特になんの前情報もなく、なんとなくタイトルと表紙に惹かれて手にとった作品です。職場のパワハラで自殺寸前まで追い込まれていた主人公の僕は、ある日ふらりと立ち寄った近所の屋台で泳ぐ一匹の美しい金魚に惹かれて連れて帰るのですが、実はそれは金魚に姿を変えたお姫様。その日以来、なぜか見えないはずの世界が見え、仕事がうまくいき、日常は不思議なことばかり。

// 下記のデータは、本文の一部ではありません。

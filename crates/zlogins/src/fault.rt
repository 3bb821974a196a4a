//! Why a text isn't a list of logins.

ghost use Rattle.std.specs.Prelude.{◌≡◌};
ghost use Rattle.zlogins.specs.declared.fault.LoginsFault.TheVariants.{Memory as OutOfMemory};

use std::alloc::{AllocError, AllocFailed};
use thiserror::Error;
use zalloc::Memory;

/// The first fault of a text. Lines are counted from 1.
#[derive(Clone, Copy, Debug, PartialEq, Eq, Error)]
pub enum LoginsFault {
    /// This line doesn't begin with the word `digest` and a space.
    #[error("line {0} doesn't begin with 'digest '")]
    NoDigest(usize),
    /// What follows there isn't a user, a colon, and the base64 of 20 bytes.
    #[error("line {0} has no 'user:' and a SHA-1 in base64 after 'digest '")]
    NoHash(usize),
    /// No line has a login.
    #[error("there is no login")]
    Empty,
    /// Out of memory. It says nothing about the text.
    #[error("memory")]
    Memory,
}

impl From<AllocError> for LoginsFault {
    ghost from_gives = { λ _ fault. fault ≡ OutOfMemory };

    fn from(_error: AllocError) -> LoginsFault {
        LoginsFault::Memory
    }
}

impl<T: Drop> From<AllocFailed<T>> for LoginsFault {
    ghost from_gives = { λ _ fault. fault ≡ OutOfMemory };

    fn from(_error: AllocFailed<T>) -> LoginsFault {
        LoginsFault::Memory
    }
}

impl From<Memory> for LoginsFault {
    ghost from_gives = { λ _ fault. fault ≡ OutOfMemory };

    fn from(_error: Memory) -> LoginsFault {
        LoginsFault::Memory
    }
}
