//! All logins.

ghost use Rattle.std.specs.Prelude.{◌≡◌, Ok, IfErr, IfOk};
ghost use Rattle.zlogins.specs.Logins.{is_among, is_listed};
ghost use Rattle.zlogins.specs.Reading.{IsFaultOf, logins_in};

use crate::fault::LoginsFault;
use crate::login::Login;
use crate::reading::read;
use crate::spelling::login_of;
use std::alloc::Global;
use std::marker::Model;
use zalloc::Memory;

/// The logins of those who may make calls.
#[derive(Drop)]
pub struct Logins {
    all: Vec<Login>,
}

impl Model for Logins {
    ghost use Rattle.std.specs.Prelude.{ℕ, List};

    ghost Value = { List (List ℕ) };

    ghost view = { λ logins. logins.all.items };
}

impl Logins {
    /// Reads a text with a login on each line, `digest user:hash`. Empty lines are skipped. One
    /// login is needed. The fault is that of the first line that has one.
    pub fn read(alloc: Global, text: &[u8]) -> Result<Logins, LoginsFault>
        ensures found { IfOk result (λ logins. logins_in text.now ≡ Ok logins) }
        ensures fault { IfErr result (IsFaultOf (logins_in text.now)) }
    {
        let all = read(alloc, text)?;
        if all.is_empty() {
            return Err(LoginsFault::Empty);
        }
        Ok(Logins { all })
    }

    /// Returns whether a `user:password` is that of one of the logins. It is compared with each,
    /// also after one that it is.
    pub fn has(&self, alloc: Global, given: &[u8]) -> Result<bool, Memory>
        ensures { IfOk result (λ has. has ≡ is_listed self.now given.now) }
    {
        let login = login_of(alloc, given)?;
        Ok(is_among(&login, &self.all))
    }
}

// Returns whether the login is one of these. It is compared with each.
fn is_among(login: &[u8], all: &[Login]) -> bool
    ensures { result ≡ is_among login.now all.now }
{
    let mut has = false;
    'all: for one in all {
        has |= one.is_same(login);
    }
    has
}
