//! An option.

/// An option `--NAME N`, where N is a number of `u16`.
#[derive(Clone, Copy, Debug, PartialEq, Eq)]
pub struct NumberOption<'a> {
    /// Its name.
    pub name: &'a str,
    /// The number, as text, that it has where the words leave it out.
    pub default: &'a str,
}
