//! How a login is spelled.

ghost use Rattle.std.specs.Prelude.{◌≡◌, ◌≤◌, IfOk, length};
ghost use Rattle.zlogins.specs.Logins.{colon_in, hash_of, is_login, login_of, user_of};

use base64::DecodeAllocError;
use base64::engine::general_purpose::STANDARD;
use sha1::Sha1;
use std::alloc::Global;
use zalloc::Memory;

// The bytes of a digest (FIPS 180-4).
const DIGEST: usize = 20;

/// Returns the login of a `user:password`.
#[tactic(auto, unfolding(crate::specs::Logins::login_of))]
pub(crate) fn login_of(alloc: Global, given: &[u8]) -> Result<Vec<u8>, Memory>
    ensures { IfOk result (λ login. login.items ≡ login_of given.now) }
{
    let mut hash = String::new(alloc);
    STANDARD.encode_string(&Sha1::digest(given), &mut hash)?;
    let mut login = Vec::from_slice(alloc, user_of(given))?;
    login.push(b':')?;
    login.extend_from_slice(hash.as_bytes())?;
    Ok(login)
}

/// Returns whether these bytes are spelled as a login: after the first colon there is the base64 of
/// a digest.
#[tactic(auto, unfolding(base64::specs::GeneralPurpose::decoded_of))]
pub(crate) fn is_login(alloc: Global, text: &[u8]) -> Result<bool, Memory>
    ensures { IfOk result (λ is. is ≡ is_login text.now) }
{
    match STANDARD.decode(alloc, hash_of(text)) {
        Ok(digest) => Ok(digest.len() == DIGEST),
        Err(DecodeAllocError::OutOfMemory) => Err(Memory),
        Err(_) => Ok(false),
    }
}

// Returns the bytes before the first colon.
fn user_of(text: &[u8]) -> &[u8]
    ensures { result.now ≡ user_of text.now }
{
    &text[..colon_in(text)]
}

// Returns the bytes after the first colon.
fn hash_of(text: &[u8]) -> &[u8]
    ensures { result.now ≡ hash_of text.now }
{
    let end = colon_in(text);
    if end == text.len() {
        return &text[end..];
    }
    &text[end + 1..]
}

// Returns the place of the first colon, or the number of bytes if there is none.
fn colon_in(text: &[u8]) -> usize
    ensures place { result ≡ colon_in text.now }
    ensures bound { result ≤ length text.now }
{
    let mut place = 0;
    'bytes: while place < text.len() {
        if text[place] == b':' {
            return place;
        }
        place += 1;
    }
    place
}
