//! How a program reports a fault.

ghost use Rattle.std.specs.Prelude.{◌≡◌};
ghost use Rattle.zdevices.specs.Device.{sink_run};
ghost use Rattle.zarguments.specs.Reporting.{IsReported};
ghost use Rattle.zarguments.specs.Words.{words_fault_status, words_fault_text};

use crate::fault::WordsFault;
use zdevices::{Sink, write_all};

/// Reports why the words are no command, and returns the exit status.
pub fn refuse<F: Sink>(fault: WordsFault, faults: &mut F) -> u8
    ensures status { result ≡ words_fault_status fault }
    ensures reported { IsReported
        (sink_run F.took F.failed faults.old faults.new) (words_fault_text fault) }
{
    tell(faults, fault.text());
    fault.status()
}

/// Writes a line. Only a fault of the device cuts it.
pub fn tell<F: Sink>(faults: &mut F, text: &str)
    ensures { IsReported (sink_run F.took F.failed faults.old faults.new) text.now }
{
    let Ok(()) = write_all(faults, text.as_bytes()) else {
        return;
    };
    let Ok(()) = write_all(faults, b"\n") else {
        return;
    };
}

金魚になったり、人間になったり、不思議な彼女との共同生活が始まります。彼女はどうして僕の前に現れたのか。どうして金魚になったのか。どうして数百年も生き続けているのか…。記憶のない彼女と共に探っていくうち見えてきたのは、彼女のあまりに切なく悲しい過去でした。
物語の筋の面白さはもちろんのこと、携帯電話やカフェなど、現代人の日常生活に興味津々の彼女の言動はいつもどこかズレていて、そんな彼女に僕が振り回される様子がとてもほほえましいです。文章も凝りすぎていなくて読みやすく、一気に読みきってしまいました。他の作品も気になります。